PROBLEM: Your answer is to be every line of the material that includes the string "Shifted".

DATA RECORDS:

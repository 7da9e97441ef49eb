// Taking a rule out of three slices, for the calls that squeeze a list where it stands.
ghost use Rattle.std.specs.Prelude.{◌≡◌, ◌≤◌, ◌<◌, length};
ghost use Rattle.rules.specs.Slices.{rules_of, Lent};
ghost use Rattle.removal.specs.Removal.{Shifted, removable as removable_of, Removed};

use rules::{BLANK, RuleList, put_rule, rule_at};

// Whether rule i can be taken out of the first `count` rules.
#[tactic(auto, unfolding(crate::specs::Removal::removable))]
fn removable(rules: RuleList, i: usize, count: usize) -> bool
    ensures { result ≡ removable_of rules.entry.care.now rules.entry.value.now rules.entry.decision.now i count }
{
    rules.care.len() == rules.value.len()
        && rules.care.len() == rules.decision.len() * 2
        && i < count
        && count <= rules.decision.len()
}

// Moves the rules after rule i, up to rule `last`, down by one.
fn move_down(care: &mut [u64], value: &mut [u64], decision: &mut [u16], i: usize, last: usize)
    requires lent { Lent care.old value.old decision.old }
    requires i_le_last { (i ≤ last) × (last < length decision.old) }
    ensures { Shifted (rules_of care.old value.old decision.old)
        (rules_of care.new value.new decision.new) i last }
{
    for k in i..last {
        let r = rule_at(
            RuleList {
                care,
                value,
                decision,
            },
            k + 1,
        );
        put_rule(care, value, decision, k, r);
    }
}

// Takes rule i out of the first `count` rules: those after it move down by one, and the place that becomes free is cleared.
// Nothing changes where the slices do not belong together, or have not so many rules, or where i is not below `count`.
#[tactic(auto, unfolding(crate::specs::Removal::removable))]
pub fn remove_rule(
    care: &mut [u64],
    value: &mut [u64],
    decision: &mut [u16],
    i: usize,
    count: usize,
)
    ensures { Removed care.old value.old decision.old i count
        care.new value.new decision.new }
{
    if removable(
        RuleList {
            care,
            value,
            decision,
        },
        i,
        count,
    ) {
        let last = count - 1;
        move_down(care, value, decision, i, last);
        put_rule(care, value, decision, last, BLANK);
    }
}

SOLUTION TO THE EXERCISE:
ghost use Rattle.removal.specs.Removal.{Shifted, removable as removable_of, Removed};
    ensures { Shifted (rules_of care.old value.old decision.old)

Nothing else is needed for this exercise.